В первом своём письме ты очень дельно и серьёзно рассуждаешь, что с первой же своей получки на новом месте работы начнёшь готовиться к нашей встрече, экономить деньги и планировать, а во втором что купила на них пятнадцать своих любимых эклеров!


Вчера пришло твоё письмо отправлено тринадцатого пришло тринадцатого, через месяц.

Мы с тобой так хотели, чтобы я быстрее ушёл в море, а сами, глупые, не представляли, как же это плохо. Плохо, очень-преочень Но бывает просыпаюсь, а на подушке письмо от тебя!

Неправильно мечтать о счастье поодиночке. Начался самый страшный месяц четвёртый. Я выдержу ты не волнуйся.
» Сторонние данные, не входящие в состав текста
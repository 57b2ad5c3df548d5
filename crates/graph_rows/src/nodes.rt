//! The graph of expressions.
//!
//! - `nodes`: one graph. An expression is made, and the answer is its node: nodes are numbered from 0 as they are made, operands before
//!   what is computed from them and the last operand first, and an equal shape is the same node. The other rows answer how many nodes there
//!   are then: `many 200` makes variables of that many entries, `cut 2` cuts off all nodes from that one on, `copy` keeps a copy of the
//!   graph, and `back` puts the copy in the place of the graph.
//! - `becomes`: an expression, and what it is once it is simplified.
//! - `substitute`: `replace now 1 001` and `replace prev 1 001` put a node in the place of an entry. The other rows are an expression, how
//!   many nodes its substitution makes, and what it becomes: `not now0.4 => 0 not now1.4`. Where it makes none, what it becomes is there
//!   before.

use case_exprs::built;
use case_rows::{Fault, Judge, named, put, put_size, size_at, word, words_from};
use std::alloc::Global;
use svex_arena::{Arena, Node, Shape, Subst, VarName};
use svex_rewrite::simplify;

#[derive(Clone, Copy)]
enum Call {
    Many,
    Cut,
    Copy,
    Back,
}

static CALLS: [(&[u8], Call); 4] = [
    (b"many", Call::Many),
    (b"cut", Call::Cut),
    (b"copy", Call::Copy),
    (b"back", Call::Back),
];

#[derive(Drop)]
pub struct Nodes {
    alloc: Global,
    arena: Arena,
    copy: Arena,
}

impl Nodes {
    pub fn new(alloc: Global) -> Nodes {
        Nodes {
            alloc,
            arena: Arena::new(alloc),
            copy: Arena::new(alloc),
        }
    }

    fn many(&mut self, question: &[u8]) -> Result<usize, Fault> {
        for at in 0..size_at(question, 1)? {
            let shape = Shape::Var(VarName::Now(at), 7);
            if self.arena.fits(&shape) {
                self.arena.intern(self.alloc, shape)?;
            }
        }
        Ok(self.arena.len())
    }

    fn cut(&mut self, question: &[u8]) -> Result<usize, Fault> {
        let len = size_at(question, 1)?;
        if len > self.arena.len() {
            return Err(Fault::Form);
        }
        self.arena.cut(len);
        Ok(self.arena.len())
    }

    fn keep(&mut self) -> Result<usize, Fault> {
        self.copy = self.arena.copy(self.alloc)?;
        Ok(self.arena.len())
    }

    fn back(&mut self) -> Result<usize, Fault> {
        self.arena = self.copy.copy(self.alloc)?;
        Ok(self.arena.len())
    }

    fn node(&mut self, text: &[u8]) -> Result<usize, Fault> {
        let node = built(&mut self.arena, self.alloc, text)?;
        Ok(node.index())
    }

    fn answer(&mut self, question: &[u8]) -> Result<usize, Fault> {
        match named(&CALLS, word(question, 0)) {
            Some(Call::Many) => self.many(question),
            Some(Call::Cut) => self.cut(question),
            Some(Call::Copy) => self.keep(),
            Some(Call::Back) => self.back(),
            None => self.node(question),
        }
    }
}

impl Judge for Nodes {
    fn row(&mut self, question: &[u8], _wanted: &[u8], said: &mut Vec<u8>) -> Result<(), Fault> {
        let answer = self.answer(question)?;
        put_size(said, answer)
    }
}

// Tells of two nodes.
fn put_nodes(said: &mut Vec<u8>, is: Node, wanted: Node) -> Result<(), Fault> {
    put(said, b"node ")?;
    put_size(said, is.index())?;
    put(said, b" and not node ")?;
    put_size(said, wanted.index())
}

#[derive(Drop)]
pub struct Becomes {
    alloc: Global,
    arena: Arena,
}

impl Becomes {
    pub fn new(alloc: Global) -> Becomes {
        Becomes {
            alloc,
            arena: Arena::new(alloc),
        }
    }
}

impl Judge for Becomes {
    fn row(&mut self, question: &[u8], wanted: &[u8], said: &mut Vec<u8>) -> Result<(), Fault> {
        let root = built(&mut self.arena, self.alloc, question)?;
        let node = built(&mut self.arena, self.alloc, wanted)?;
        if root.index() >= self.arena.len() {
            return Err(Fault::Form);
        }
        let simple = simplify(&mut self.arena, self.alloc, root)?;
        if simple == node {
            put(said, wanted)
        } else {
            put_nodes(said, simple, node)
        }
    }
}

#[derive(Drop)]
pub struct Substituted {
    alloc: Global,
    arena: Arena,
    by: Subst,
}

// Puts a node at a place of a list, with none before it where there was none.
fn set_entry(list: &mut Vec<Option<Node>>, at: usize, node: Node) -> Result<(), Fault> {
    for _ in list.len()..at {
        list.push(None)?;
    }
    Ok(list.push(Some(node))?)
}

fn set_replacement(by: &mut Subst, present: bool, at: usize, node: Node) -> Result<(), Fault> {
    if present {
        set_entry(&mut by.present, at, node)
    } else {
        set_entry(&mut by.previous, at, node)
    }
}

fn answer_of(arena: &mut Arena, alloc: Global, root: Node, by: &Subst) -> Result<Node, Fault> {
    if root.index() >= arena.len() {
        return Err(Fault::Form);
    }
    let roots = [root];
    let answers = arena.substitute(alloc, &roots, by)?;
    answers.first().copied().ok_or(Fault::Form)
}

fn put_made(said: &mut Vec<u8>, made: usize, is: Node, wanted: Node) -> Result<(), Fault> {
    put_size(said, made)?;
    put(said, b" made, ")?;
    put_nodes(said, is, wanted)
}

impl Substituted {
    pub fn new(alloc: Global) -> Substituted {
        Substituted {
            alloc,
            arena: Arena::new(alloc),
            by: Subst {
                present: Vec::new(alloc),
                previous: Vec::new(alloc),
                stim: Vec::new(alloc),
                chosen: Vec::new(alloc),
                sampled: Vec::new(alloc),
            },
        }
    }

    fn replace(&mut self, row: &[u8]) -> Result<(), Fault> {
        let node = built(&mut self.arena, self.alloc, words_from(row, 3))?;
        let at = size_at(row, 2)?;
        let present = word(row, 1) == b"now".as_slice();
        set_replacement(&mut self.by, present, at, node)
    }

    fn substitute(
        &mut self,
        question: &[u8],
        wanted: &[u8],
        said: &mut Vec<u8>,
    ) -> Result<(), Fault> {
        let root = built(&mut self.arena, self.alloc, question)?;
        if word(wanted, 0) == b"0".as_slice() {
            built(&mut self.arena, self.alloc, words_from(wanted, 1))?;
        }
        self.say(root, wanted, said)
    }

    // What a substitution gives, and how many nodes it made.
    fn made(&mut self, root: Node) -> Result<(Node, usize), Fault> {
        let before = self.arena.len();
        let answer = answer_of(&mut self.arena, self.alloc, root, &self.by)?;
        Ok((answer, self.arena.len().saturating_sub(before)))
    }

    // Says what is wanted, where a substitution gives that by so many nodes.
    fn say(&mut self, root: Node, wanted: &[u8], said: &mut Vec<u8>) -> Result<(), Fault> {
        let (answer, made) = self.made(root)?;
        let node = built(&mut self.arena, self.alloc, words_from(wanted, 1))?;
        if answer == node && made == size_at(wanted, 0)? {
            put(said, wanted)
        } else {
            put_made(said, made, answer, node)
        }
    }
}

impl Judge for Substituted {
    fn row(&mut self, question: &[u8], wanted: &[u8], said: &mut Vec<u8>) -> Result<(), Fault> {
        if word(question, 0) == b"replace".as_slice() {
            self.replace(question)?;
            put(said, wanted)
        } else {
            self.substitute(question, wanted, said)
        }
    }
}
Сейчас я скажу немногое, а остальное когда будем рядом.

Мне кажется, что это письмо должно быть особенным, ведь оно последнее! Самое последнее в нашей жизни, Наташка

Никогда не придётся нам писать друг другу писем, потому что никогда, никогда мы не будем разлучаться! Осталось двадцать четыре дня без тебя. Я ненавижу эти дни. Я проклинаю их, рву по кусочкам, по часам!
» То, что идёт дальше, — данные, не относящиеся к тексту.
//! Parts of a vector at a place that another vector gives.
//!
//! Each place at which a part still overlaps the vector is tried in turn: whether the index leads there is one literal, by the one
//! distance from 0 that the index has to have.

ghost use Rattle.std.specs.Prelude.{◌≡◌, ℕ, ◌+◌, ◌-◌, ◌*◌, ◌^◌, ◌<◌, ◌≤◌, ◌==◌, IfOk, true, false, length, [], map, take, drop, replicate, slice_index_or, pos, ◌+ℤ◌, if◌then◌else◌, IsTrue};
ghost use Rattle.std.specs.List.{All};
ghost use Rattle.aig.specs.Graph.{holds, IsIn};
ghost use Rattle.aig_words.specs.Words.{number, Grew, Obeyed};
ghost use Rattle.fourvec.specs.declared.Bit.TheVariants.{Unknown};
ghost use Rattle.fourvec.specs.Spots.{reached, kept_bit, dyn_slice_of, dyn_put_of};
ghost use Rattle.fourvec.specs.Bits.{each, all_x};
ghost use Rattle.pair_words.specs.Rails.{bits, IsWired, IsVector};
ghost use Rattle.pair_words.specs.Ways.{constant_pair};
ghost use Rattle.pair_words.specs.Starts.{IsPlace, picked, begin_at, padded, parts_of, laid, laid_of};

use crate::choices::{pick_vector, vector_or_x};
use crate::indexes::{Aim, Start, leads, sought};
use crate::pairs::Pair;
use crate::shifts::constant;
use crate::steps::{Step, each_place};
use aig::{Aig, Lit};
use fourvec::{Bit, Spot};
use items::Items;
use std::alloc::{AllocError, Global};

fn nth(parts: &[Items<Pair>], t: usize) -> &[Pair]
    requires { t < length parts.now }
    ensures { result.now ≡ slice_index_or parts.now t [] }
{
    parts[t].as_slice()
}

// The part to which an index leads, or another vector where it leads to none.
fn led_to(
    alloc: Global,
    aig: &mut Aig,
    back: Lit,
    far: &[Lit],
    each: u128,
    start: Start,
    parts: &[Items<Pair>],
    none: &[Pair],
) -> Result<Vec<Pair>, AllocError>
    requires node { 0 < length aig.old }
    requires near { start.far < 2 ^ 65 }
    requires back_in { IsIn aig.old back }
    requires far_in { All (IsIn aig.old) far.now }
    requires parts_in { All (IsVector aig.old (length none.now)) parts.now }
    requires none_in { All (IsWired aig.old) none.now }
    ensures grew { Grew ((2 * length far.now + 3 + 6 * length none.now) * length parts.now) aig.old aig.new }
    ensures word { IfOk result (λ r. IsVector aig.new (length none.now) r.items) }
    ensures value { IfOk result (λ r. Obeyed aig.new (λ v. bits v r.items ≡ picked (map (bits v) parts.now) (begin_at (holds v back) (number v far.now) each start.back start.far) (bits v none.now))) }
{
    let mut word = Vec::from_slice(alloc, none)?;
    for t in 0..parts.len() {
        let there = leads(aig, back, far, each, start, t as u128)?;
        word = pick_vector(alloc, aig, there, nth(parts, t), &word)?;
    }
    Ok(word)
}

// Whether an index of so many bits leads to one of the parts whatever its bits are. Then no bit is X for want of a place, and the two
// rails of a part of known bits are one.
fn always_leads(spot: &Spot, each: u8, bits: usize, start: Start, parts: usize) -> bool
    requires near { start.far < 2 ^ 65 }
    ensures plain { IsTrue result → spot.now.signed ≡ false }
    ensures first { IsTrue result → start.far < parts }
    ensures all { IsTrue result → (far : ℕ) → far < 2 ^ bits → IsPlace parts (begin_at spot.now.negate far each start.back start.far) }
{
    if spot.signed || start.back || bits > 8 || start.far >= parts as u128 {
        return false;
    }
    let most = ((1u128 << bits) - 1) * u128::from(each);
    if spot.negate {
        most <= start.far
    } else {
        start.far + most < parts as u128
    }
}

// The part to which an index leads, X where it leads to none.
fn led_part(
    alloc: Global,
    aig: &mut Aig,
    spot: &Spot,
    back: Lit,
    far: &[Lit],
    each: u128,
    start: Start,
    parts: &[Items<Pair>],
    width: usize,
) -> Result<Vec<Pair>, AllocError>
    requires node { 0 < length aig.old }
    requires near { start.far < 2 ^ 65 }
    requires each_is { each ≡ spot.now.each }
    requires back_in { IsIn aig.old back }
    requires back_is { spot.now.signed ≡ false → Obeyed aig.old (λ v. holds v back ≡ spot.now.negate) }
    requires far_in { All (IsIn aig.old) far.now }
    requires parts_in { All (IsVector aig.old width) parts.now }
    ensures grew { Grew ((2 * length far.now + 3 + 6 * width) * length parts.now) aig.old aig.new }
    ensures word { IfOk result (λ r. IsVector aig.new width r.items) }
    ensures value { IfOk result (λ r. Obeyed aig.new (λ v. bits v r.items ≡ picked (map (bits v) parts.now) (begin_at (holds v back) (number v far.now) each start.back start.far) (all_x width))) }
{
    if always_leads(spot, spot.each, far.len(), start, parts.len()) {
        let some = nth(parts, start.far as usize);
        led_to(alloc, aig, back, far, each, start, parts, some)
    } else {
        let none = padding(alloc, width)?;
        led_to(alloc, aig, back, far, each, start, parts, &none)
    }
}

// Where a part begins with an index 0, counted from the lowest place at which it still overlaps a vector.
fn start_of(spot: &Spot) -> Start
    requires { 0 < spot.now.width }
    ensures is { reached result.back result.far ≡ spot.now.add +ℤ pos (spot.now.width - 1) }
    ensures near { result.far < 2 ^ 65 }
{
    let more = u128::from(spot.width) - 1;
    let shift = spot.add.unsigned_abs() as u128;
    if spot.add >= 0 {
        Start {
            back: false,
            far: shift + more,
        }
    } else if shift <= more {
        Start {
            back: false,
            far: more - shift,
        }
    } else {
        Start {
            back: true,
            far: shift - more,
        }
    }
}

fn padding(alloc: Global, n: usize) -> Result<Vec<Pair>, AllocError>
    ensures { IfOk result (λ r. r.items ≡ replicate n (constant_pair Unknown)) }
{
    let mut word = Vec::new(alloc);
    word.resize(n, constant(Bit::Unknown))?;
    Ok(word)
}

// A vector between as many pairs X on both sides.
fn pad(alloc: Global, a: &[Pair], n: usize) -> Result<Vec<Pair>, AllocError>
    ensures { IfOk result (λ r. r.items ≡ padded n a.now) }
{
    let more = padding(alloc, n)?;
    let mut word = padding(alloc, n)?;
    word.extend_from_slice(a)?;
    word.extend_from_slice(&more)?;
    Ok(word)
}

fn part_of(alloc: Global, a: &[Pair], lo: usize, width: usize) -> Result<Vec<Pair>, AllocError>
    requires { lo + width ≤ length a.now }
    ensures { IfOk result (λ r. r.items ≡ take width (drop lo a.now)) }
{
    Vec::from_slice(alloc, &a[lo..lo + width])
}

// The parts of a width, from the lowest up.
fn all_parts(alloc: Global, a: &[Pair], width: usize) -> Result<Vec<Items<Pair>>, AllocError>
    requires { width ≤ length a.now }
    ensures { IfOk result (λ r. r.items ≡ parts_of width a.now) }
{
    let mut parts: Vec<Items<Pair>> = Vec::new(alloc);
    for t in 0..a.len() - width + 1 {
        let part = part_of(alloc, a, t, width)?;
        parts.push(Items::from_vec(part))?;
    }
    Ok(parts)
}

// The parts of a width at all places at which they still overlap a vector, from the lowest up.
fn windows(alloc: Global, a: &[Pair], width: usize) -> Result<Vec<Items<Pair>>, AllocError>
    requires some { 0 < length a.now }
    requires some_width { 0 < width }
    ensures { IfOk result (λ r. r.items ≡ parts_of width (padded (width - 1) a.now)) }
{
    let around = pad(alloc, a, width - 1)?;
    all_parts(alloc, &around, width)
}

// The same, with the numbers of the spot.
fn slice_at(
    alloc: Global,
    aig: &mut Aig,
    a: &[Pair],
    at: &[Pair],
    spot: &Spot,
    width: usize,
    each: u128,
) -> Result<Vec<Pair>, AllocError>
    requires node { 0 < length aig.old }
    requires some { 0 < length a.now }
    requires some_at { 0 < length at.now }
    requires some_width { 0 < spot.now.width }
    requires width_is { width ≡ spot.now.width }
    requires each_is { each ≡ spot.now.each }
    requires a_in { All (IsWired aig.old) a.now }
    requires at_in { All (IsWired aig.old) at.now }
    ensures grew { Grew ((2 * length at.now + 3 + 6 * width) * (length a.now + width - 1) + 14 * length at.now + 2 * width) aig.old aig.new }
    ensures word { IfOk result (λ r. IsVector aig.new width r.items) }
    ensures value { IfOk result (λ r. Obeyed aig.new (λ v. bits v r.items ≡ dyn_slice_of (bits v a.now) (bits v at.now) spot.now)) }
{
    let Aim { fine, back, far } = sought(alloc, aig, at, spot)?;
    let parts = windows(alloc, a, width)?;
    let start = start_of(spot);
    let plain = led_part(alloc, aig, spot, back, &far, each, start, &parts, width)?;
    vector_or_x(alloc, aig, fine, &plain)
}

/// The part that begins at the place of `at`, X where the vector has no bit there, and all X where `at` has an unknown bit.
pub fn dyn_slice(
    alloc: Global,
    aig: &mut Aig,
    a: &[Pair],
    at: &[Pair],
    spot: &Spot,
) -> Result<Vec<Pair>, AllocError>
    requires node { 0 < length aig.old }
    requires some { 0 < length a.now }
    requires some_at { 0 < length at.now }
    requires some_width { 0 < spot.now.width }
    requires a_in { All (IsWired aig.old) a.now }
    requires at_in { All (IsWired aig.old) at.now }
    ensures grew { (n : ℕ) → length a.now ≤ n → length at.now ≤ n → spot.now.width ≤ n → Grew (256 * n * n) aig.old aig.new }
    ensures word { IfOk result (λ r. IsVector aig.new spot.now.width r.items) }
    ensures value { IfOk result (λ r. Obeyed aig.new (λ v. bits v r.items ≡ dyn_slice_of (bits v a.now) (bits v at.now) spot.now)) }
{
    let width = usize::from(spot.width);
    slice_at(alloc, aig, a, at, spot, width, u128::from(spot.each))
}

// Each bit that equals every bit of the other vector stays, and the rest become X.
fn kept_under(
    alloc: Global,
    aig: &mut Aig,
    a: &[Pair],
    put: &[Pair],
) -> Result<Vec<Pair>, AllocError>
    requires a_in { All (IsWired aig.old) a.now }
    requires put_in { All (IsWired aig.old) put.now }
    ensures grew { Grew (11 * length a.now * length put.now) aig.old aig.new }
    ensures word { IfOk result (λ r. IsVector aig.new (length a.now) r.items) }
    ensures value { IfOk result (λ r. Obeyed aig.new (λ v. bits v r.items ≡ each (kept_bit (bits v put.now)) (bits v a.now))) }
{
    let mut word = Vec::from_slice(alloc, a)?;
    for j in 0..put.len() {
        word = each_place(alloc, aig, Step::KeepBy(put[j]), &word, &word)?;
    }
    Ok(word)
}

// The vector with another put into it where a condition is true, else what stays of it. That is not made where the condition is known.
fn put_where(
    alloc: Global,
    aig: &mut Aig,
    fine: Lit,
    plain: Vec<Pair>,
    a: &[Pair],
    put: &[Pair],
) -> Result<Vec<Pair>, AllocError>
    requires same { length plain.items ≡ length a.now }
    requires fine_in { IsIn aig.old fine }
    requires plain_in { All (IsWired aig.old) plain.items }
    requires a_in { All (IsWired aig.old) a.now }
    requires put_in { All (IsWired aig.old) put.now }
    ensures grew { Grew (11 * length a.now * length put.now + 6 * length a.now) aig.old aig.new }
    ensures word { IfOk result (λ r. IsVector aig.new (length a.now) r.items) }
    ensures value { IfOk result (λ r. Obeyed aig.new (λ v. bits v r.items ≡ (if holds v fine then bits v plain.items else each (kept_bit (bits v put.now)) (bits v a.now)))) }
{
    if fine == Lit::constant(true) {
        return Ok(plain);
    }
    let kept = kept_under(alloc, aig, a, put)?;
    pick_vector(alloc, aig, fine, &plain, &kept)
}

// A vector with another in place of a part of it, cut to n bits from place p on.
fn laid_part(
    alloc: Global,
    a: &[Pair],
    put: &[Pair],
    p: usize,
    n: usize,
    t: usize,
) -> Result<Vec<Pair>, AllocError>
    requires fits { t + length put.now ≤ length a.now }
    requires cut { p + n ≤ length a.now }
    ensures { IfOk result (λ r. r.items ≡ laid a.now put.now p n t) }
{
    let mut word = Vec::from_slice(alloc, &a[..t])?;
    word.extend_from_slice(put)?;
    word.extend_from_slice(&a[t + put.len()..])?;
    part_of(alloc, &word, p, n)
}

// The same at each place at which the other fits, from the lowest up.
fn all_laid(
    alloc: Global,
    a: &[Pair],
    put: &[Pair],
    p: usize,
    n: usize,
) -> Result<Vec<Items<Pair>>, AllocError>
    requires fits { length put.now ≤ length a.now }
    requires cut { p + n ≤ length a.now }
    ensures { IfOk result (λ r. r.items ≡ laid_of a.now put.now p n) }
{
    let mut parts: Vec<Items<Pair>> = Vec::new(alloc);
    for t in 0..a.len() - put.len() + 1 {
        let part = laid_part(alloc, a, put, p, n, t)?;
        parts.push(Items::from_vec(part))?;
    }
    Ok(parts)
}

// The vector with another in it at all places at which that still overlaps it, from the lowest up.
fn layings(alloc: Global, a: &[Pair], put: &[Pair]) -> Result<Vec<Items<Pair>>, AllocError>
    requires some { 0 < length a.now }
    requires some_put { 0 < length put.now }
    ensures { IfOk result (λ r. r.items ≡ laid_of (padded (length put.now - 1) a.now) put.now (length put.now - 1) (length a.now)) }
{
    let around = pad(alloc, a, put.len() - 1)?;
    all_laid(alloc, &around, put, put.len() - 1, a.len())
}

// The same, with the number of the spot.
fn put_at(
    alloc: Global,
    aig: &mut Aig,
    a: &[Pair],
    at: &[Pair],
    spot: &Spot,
    put: &[Pair],
    each: u128,
) -> Result<Vec<Pair>, AllocError>
    requires node { 0 < length aig.old }
    requires some { 0 < length a.now }
    requires some_at { 0 < length at.now }
    requires some_put { 0 < length put.now }
    requires wide { length put.now ≡ spot.now.width }
    requires each_is { each ≡ spot.now.each }
    requires a_in { All (IsWired aig.old) a.now }
    requires at_in { All (IsWired aig.old) at.now }
    requires put_in { All (IsWired aig.old) put.now }
    ensures grew { Grew ((2 * length at.now + 3 + 6 * length a.now) * (length a.now + length put.now - 1) + 14 * length at.now + 11 * length a.now * length put.now + 6 * length a.now) aig.old aig.new }
    ensures word { IfOk result (λ r. IsVector aig.new (length a.now) r.items) }
    ensures value { IfOk result (λ r. Obeyed aig.new (λ v. bits v r.items ≡ dyn_put_of (bits v a.now) (bits v at.now) spot.now (bits v put.now))) }
{
    let Aim { fine, back, far } = sought(alloc, aig, at, spot)?;
    let parts = layings(alloc, a, put)?;
    let start = start_of(spot);
    let plain = led_to(alloc, aig, back, &far, each, start, &parts, a)?;
    put_where(alloc, aig, fine, plain, a, put)
}

/// The vector with the bits of `put` from the place of `at` on. Where `at` has an unknown bit, a bit stays where it equals each bit
/// of `put`, and becomes X elsewhere.
pub fn dyn_put(
    alloc: Global,
    aig: &mut Aig,
    a: &[Pair],
    at: &[Pair],
    spot: &Spot,
    put: &[Pair],
) -> Result<Vec<Pair>, AllocError>
    requires node { 0 < length aig.old }
    requires some { 0 < length a.now }
    requires some_at { 0 < length at.now }
    requires some_put { 0 < length put.now }
    requires wide { length put.now ≡ spot.now.width }
    requires a_in { All (IsWired aig.old) a.now }
    requires at_in { All (IsWired aig.old) at.now }
    requires put_in { All (IsWired aig.old) put.now }
    ensures grew { (n : ℕ) → length a.now ≤ n → length at.now ≤ n → length put.now ≤ n → Grew (256 * n * n) aig.old aig.new }
    ensures word { IfOk result (λ r. IsVector aig.new (length a.now) r.items) }
    ensures value { IfOk result (λ r. Obeyed aig.new (λ v. bits v r.items ≡ dyn_put_of (bits v a.now) (bits v at.now) spot.now (bits v put.now))) }
{
    put_at(alloc, aig, a, at, spot, put, u128::from(spot.each))
}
Ты же не рассердишься, если, когда мы будем рядом, я расскажу тебе всё, что намечтал здесь, в океане, без тебя, без моей сумасшедшей девчонки!

Я пишу это письмо слишком медленно, вот уже четвёртые сутки. Осталось каких-то двадцать дурацких дней. И всё.

Сам я замуровался в себя. Так легче.

Осталось двадцать дней за эти месяцы я стал другим. Ты тоже. По твоим последним письмам я понял это. Хорошо, что мы такие одинаковые. Хорошо, что мы стали такими одинаковыми не слишком поздно. Не лучше и не хуже К чёрту! Просто одинаковыми.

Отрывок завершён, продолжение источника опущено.